# [request] kid yamamoto vs jujitsu guy



## sendo (Nov 26, 2006)

anyone have a link to the video where yamamoto is going against some jujitsu guy? it pretty much looks like freestyle wrestling vs jujitsu....yamamoto is wearing some tight white shorts and the jujitsu guy is wearing his jujitsu outfit....sorry thats the best i could explain >.< but i realy want to see this video again


----------



## sendo (Dec 3, 2006)

/bump

any video of yamamoto wrestling would be fine actually


----------



## Shogun (Dec 3, 2006)

did you check youtube or myspace video?

they are loaded with random vids. I'll check a little later.

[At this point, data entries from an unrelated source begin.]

//! What each address pays for.

ghost use Rattle.std.specs.Prelude.{◌≡◌, ◌≤◌, ◌^◌, IfOk, IfErr, sum_by, map};
ghost use Rattle.std.specs.List.{AllByRecursion};
ghost use Rattle.std.specs.List.Sorted.{IsPermutation, IsNonDecreasingBy};
ghost use Rattle.line_model.specs.observer.Accounts.{accounts_of, payer};
ghost use Rattle.call_accounts.specs.Entries.{digit_at, IsRank, IsRanked, account_of_call, account_of_entry, summed};

use line_model::address::Address;
use line_model::call::{Account, CallRecord};
use line_model::fault::Fault;
use std::alloc::{AllocError, Allocator};

/// A call by the address that pays for it.
#[derive(Drop)]
struct AccountEntry {
    /// A number that is in the order of the addresses, so that a sort compares numbers.
    rank: u128,
    /// A copy in the entry, so that reading sorted entries reads no record of a call.
    address: Address,
    segments: u64,
}

impl AccountEntry {
    /// The account of the call alone.
    fn account(&self) -> Account
        ensures { result ≡ account_of_entry self.now }
    {
        Account {
            address: self.address.copied(),
            calls: 1,
            segments: self.segments,
        }
    }
}

/// The address that pays for a call.
fn payer<A: Allocator>(call: &CallRecord<A>) -> &Address
    ensures { result.now ≡ payer call.now }
{
    if call.reverse {
        &call.called
    } else {
        &call.calling
    }
}

/// The digit of the octet at an index, from 1 on, and 0 past the end.
fn digit(octets: &[u8], index: usize) -> u128
    ensures digit { result ≡ digit_at octets.now index }
    ensures few { result ≤ 256 }
{
    match octets.get(index) {
        Some(octet) => u128::from(*octet) + 1,
        None => 0,
    }
}

/// The digits of an address as a number of base 257, which is in the order of the addresses.
fn rank(address: &Address) -> u128
    ensures { IsRank result address.now }
{
    let octets = address.as_bytes();
    let mut rank = 0;
    for index in 0..15 {
        rank = rank * 257 + digit(octets, index);
    }
    rank
}

/// The calls as entries, in their order.
fn entries<A: Allocator>(
    alloc: A,
    calls: &[CallRecord<A>],
) -> Result<Vec<AccountEntry, A>, AllocError>
    ensures entries { IfOk result (λ v.
        map account_of_entry v.items ≡ map account_of_call calls.now) }
    ensures ranked { IfOk result (λ v. AllByRecursion IsRanked v.items) }
{
    let mut entries = Vec::with_capacity(alloc, calls.len())?;
    for call in calls {
        let address = payer(call);
        entries.push(AccountEntry {
            rank: rank(address),
            address: address.copied(),
            segments: call.segments,
        })?;
    }
    Ok(entries)
}

/// Entries in the order of their addresses.
fn by_address<A: Allocator>(mut entries: Vec<AccountEntry, A>) -> Vec<AccountEntry, A>
    ensures permutation { IsPermutation entries.items result.items }
    ensures sorted { IsNonDecreasingBy (λ e. e.rank) result.items }
{
    entries.sort_unstable_by_key(|entry| entry.rank);
    entries
}

/// Adds up the accounts of sorted entries, in which those of one address are neighbours.
fn added_up<A: Allocator>(alloc: A, entries: &[AccountEntry]) -> Result<Vec<Account, A>, AllocError>
    requires few_segments { sum_by (λ e. e.segments) entries.now ≤ 2 ^ 63 }
    ensures { IfOk result (λ v. v.items ≡ summed entries.now) }
{
    let mut accounts = Vec::new(alloc);
    let Some((first, rest)) = entries.split_first() else {
        return Ok(accounts);
    };
    let mut rank = first.rank;
    let mut last = first.account();
    for entry in rest {
        if entry.rank == rank {
            last.calls += 1;
            last.segments += entry.segments;
        } else {
            accounts.push(last)?;
            rank = entry.rank;
            last = entry.account();
        }
    }
    accounts.push(last)?;
    Ok(accounts)
}

/// Returns the accounts of the addresses that pay for calls, each once, by the bytes of the addresses, the absent one
/// first: how many calls it pays for, and their segments. The called address pays where the opening packet asks
/// reverse charging (X.25, 6.18), otherwise the calling one. The order is profile. Fails only when memory is refused.
pub fn accounts_of<A: Allocator + Clone>(
    alloc: A,
    calls: &[CallRecord<A>],
) -> Result<Vec<Account, A>, Fault>
    requires few_segments { sum_by (λ c. c.segments) calls.now ≤ 2 ^ 63 }
    ensures accounts { IfOk result (λ v. v.items ≡ accounts_of calls.now) }
    ensures memory { IfErr result (λ f. f ≡ Fault.Memory) }
{
    let entries = by_address(entries(alloc.clone()?, calls)?);
    Ok(added_up(alloc, &entries)?)
}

oh, and no need to bump here, people won't resond unless they have something to say unlike sherdog.


----------



## sendo (Dec 4, 2006)

ok thanks...and i checked youtube and theres mostly highlight videos of him and MMA videos

couldnt find any strictly grappling/wrestling matches


----------



## Shogun (Dec 5, 2006)

Yeah I checked myself. I haven't seen any grappling matches on there. you may want to find out what events he's competed in and then search those events. even if you have to pay for the dvds.


----------



## sendo (Dec 11, 2006)

http://video.google.com/videoplay?docid=-5940312112607720426
6:48 - 6:54 are the kinds of matches i want to see


----------